*Action item*
Look through the lines below and extract any with the word "Holds".

*Saved entries*
:::::
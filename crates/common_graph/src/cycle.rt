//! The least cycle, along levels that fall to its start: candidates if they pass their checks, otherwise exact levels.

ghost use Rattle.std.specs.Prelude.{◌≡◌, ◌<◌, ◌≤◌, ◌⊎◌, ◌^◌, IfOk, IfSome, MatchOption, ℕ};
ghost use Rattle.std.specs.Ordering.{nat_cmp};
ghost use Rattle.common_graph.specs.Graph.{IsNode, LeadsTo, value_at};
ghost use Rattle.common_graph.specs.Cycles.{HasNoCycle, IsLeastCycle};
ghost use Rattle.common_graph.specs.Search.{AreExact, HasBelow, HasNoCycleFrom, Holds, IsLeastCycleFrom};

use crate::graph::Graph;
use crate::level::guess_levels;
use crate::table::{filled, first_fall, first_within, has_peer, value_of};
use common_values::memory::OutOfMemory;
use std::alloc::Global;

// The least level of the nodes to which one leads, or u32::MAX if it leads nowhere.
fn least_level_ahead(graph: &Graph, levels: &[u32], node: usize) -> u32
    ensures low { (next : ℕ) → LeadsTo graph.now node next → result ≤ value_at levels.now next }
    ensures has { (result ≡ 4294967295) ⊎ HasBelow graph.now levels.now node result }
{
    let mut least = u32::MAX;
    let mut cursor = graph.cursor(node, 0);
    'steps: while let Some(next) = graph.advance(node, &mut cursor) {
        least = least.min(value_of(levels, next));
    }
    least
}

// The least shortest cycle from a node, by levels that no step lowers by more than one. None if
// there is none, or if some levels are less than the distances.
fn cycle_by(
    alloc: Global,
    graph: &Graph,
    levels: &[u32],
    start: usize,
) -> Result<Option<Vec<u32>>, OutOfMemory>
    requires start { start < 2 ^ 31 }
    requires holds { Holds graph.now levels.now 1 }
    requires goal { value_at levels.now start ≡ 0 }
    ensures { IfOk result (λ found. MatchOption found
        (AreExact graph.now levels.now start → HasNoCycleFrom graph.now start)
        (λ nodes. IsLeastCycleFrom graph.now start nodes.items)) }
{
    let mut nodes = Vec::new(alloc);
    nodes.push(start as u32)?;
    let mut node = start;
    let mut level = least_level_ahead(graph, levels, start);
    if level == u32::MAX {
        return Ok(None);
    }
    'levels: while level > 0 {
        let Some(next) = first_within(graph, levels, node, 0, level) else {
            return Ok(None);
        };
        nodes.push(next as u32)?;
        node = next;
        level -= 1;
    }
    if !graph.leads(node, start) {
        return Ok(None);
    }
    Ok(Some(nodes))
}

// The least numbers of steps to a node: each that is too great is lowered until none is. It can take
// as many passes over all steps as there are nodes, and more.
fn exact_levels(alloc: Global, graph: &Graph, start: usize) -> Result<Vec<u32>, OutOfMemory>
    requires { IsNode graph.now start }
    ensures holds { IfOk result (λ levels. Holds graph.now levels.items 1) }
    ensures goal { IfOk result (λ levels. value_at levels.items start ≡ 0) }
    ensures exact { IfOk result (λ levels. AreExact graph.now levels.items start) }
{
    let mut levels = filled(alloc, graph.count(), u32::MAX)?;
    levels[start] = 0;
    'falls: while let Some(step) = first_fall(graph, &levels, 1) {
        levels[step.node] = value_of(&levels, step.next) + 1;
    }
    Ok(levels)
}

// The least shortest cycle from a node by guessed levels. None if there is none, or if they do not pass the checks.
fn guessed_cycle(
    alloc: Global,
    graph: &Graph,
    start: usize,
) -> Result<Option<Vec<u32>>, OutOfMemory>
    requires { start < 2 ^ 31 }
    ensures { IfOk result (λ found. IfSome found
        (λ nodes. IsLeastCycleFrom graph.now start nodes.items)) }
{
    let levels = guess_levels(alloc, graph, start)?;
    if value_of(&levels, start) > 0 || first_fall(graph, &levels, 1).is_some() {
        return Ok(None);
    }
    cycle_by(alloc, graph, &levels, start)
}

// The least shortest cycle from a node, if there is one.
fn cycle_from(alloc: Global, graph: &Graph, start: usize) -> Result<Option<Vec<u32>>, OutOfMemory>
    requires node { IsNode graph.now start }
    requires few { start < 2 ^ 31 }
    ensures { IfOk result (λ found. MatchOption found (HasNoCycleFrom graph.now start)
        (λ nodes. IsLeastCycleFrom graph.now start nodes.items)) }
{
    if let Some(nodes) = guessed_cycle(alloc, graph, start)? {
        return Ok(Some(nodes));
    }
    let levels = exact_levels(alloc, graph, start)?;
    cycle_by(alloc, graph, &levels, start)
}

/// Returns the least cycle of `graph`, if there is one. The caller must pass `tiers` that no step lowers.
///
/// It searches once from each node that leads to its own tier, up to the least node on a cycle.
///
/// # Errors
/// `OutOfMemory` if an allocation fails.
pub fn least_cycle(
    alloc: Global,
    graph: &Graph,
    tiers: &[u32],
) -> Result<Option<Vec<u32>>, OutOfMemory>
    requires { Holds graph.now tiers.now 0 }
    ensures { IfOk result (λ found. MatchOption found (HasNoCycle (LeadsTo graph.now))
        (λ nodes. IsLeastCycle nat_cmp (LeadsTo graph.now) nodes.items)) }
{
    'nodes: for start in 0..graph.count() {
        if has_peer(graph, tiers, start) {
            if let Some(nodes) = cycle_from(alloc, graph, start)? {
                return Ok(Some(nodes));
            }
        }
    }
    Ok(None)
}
:::::
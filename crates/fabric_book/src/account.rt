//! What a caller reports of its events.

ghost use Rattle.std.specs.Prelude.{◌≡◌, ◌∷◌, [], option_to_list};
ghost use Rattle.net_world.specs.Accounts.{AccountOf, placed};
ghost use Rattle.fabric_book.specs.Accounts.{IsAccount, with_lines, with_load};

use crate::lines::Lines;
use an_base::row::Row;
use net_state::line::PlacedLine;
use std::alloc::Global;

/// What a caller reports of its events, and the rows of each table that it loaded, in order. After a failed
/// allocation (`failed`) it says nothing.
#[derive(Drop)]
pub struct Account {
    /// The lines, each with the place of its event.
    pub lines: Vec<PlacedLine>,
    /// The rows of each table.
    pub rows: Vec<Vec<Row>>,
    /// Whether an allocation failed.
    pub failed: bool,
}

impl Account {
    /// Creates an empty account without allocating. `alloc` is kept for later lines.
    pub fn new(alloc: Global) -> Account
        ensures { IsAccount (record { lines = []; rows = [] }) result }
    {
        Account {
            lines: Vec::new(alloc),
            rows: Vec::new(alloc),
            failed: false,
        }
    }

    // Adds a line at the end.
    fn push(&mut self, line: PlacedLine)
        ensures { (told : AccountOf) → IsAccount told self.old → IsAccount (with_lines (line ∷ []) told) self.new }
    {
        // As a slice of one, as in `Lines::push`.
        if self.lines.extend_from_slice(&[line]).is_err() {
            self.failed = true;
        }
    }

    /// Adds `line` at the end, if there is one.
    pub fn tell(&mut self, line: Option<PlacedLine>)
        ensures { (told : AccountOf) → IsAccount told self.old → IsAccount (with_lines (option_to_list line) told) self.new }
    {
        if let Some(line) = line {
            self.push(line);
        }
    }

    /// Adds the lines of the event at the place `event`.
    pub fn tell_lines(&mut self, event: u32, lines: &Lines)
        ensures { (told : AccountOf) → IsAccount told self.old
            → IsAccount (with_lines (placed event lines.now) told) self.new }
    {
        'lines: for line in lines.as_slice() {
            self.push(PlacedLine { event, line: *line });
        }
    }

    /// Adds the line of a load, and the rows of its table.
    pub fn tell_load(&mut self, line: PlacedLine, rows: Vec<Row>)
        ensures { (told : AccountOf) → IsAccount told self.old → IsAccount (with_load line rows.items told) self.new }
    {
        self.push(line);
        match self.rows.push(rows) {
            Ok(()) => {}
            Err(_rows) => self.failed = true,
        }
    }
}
:::::
*Reply to the task*
ghost use Rattle.common_graph.specs.Search.{AreExact, HasBelow, HasNoCycleFrom, Holds, IsLeastCycleFrom};
    requires holds { Holds graph.now levels.now 1 }
    ensures holds { IfOk result (λ levels. Holds graph.now levels.items 1) }
    requires { Holds graph.now tiers.now 0 }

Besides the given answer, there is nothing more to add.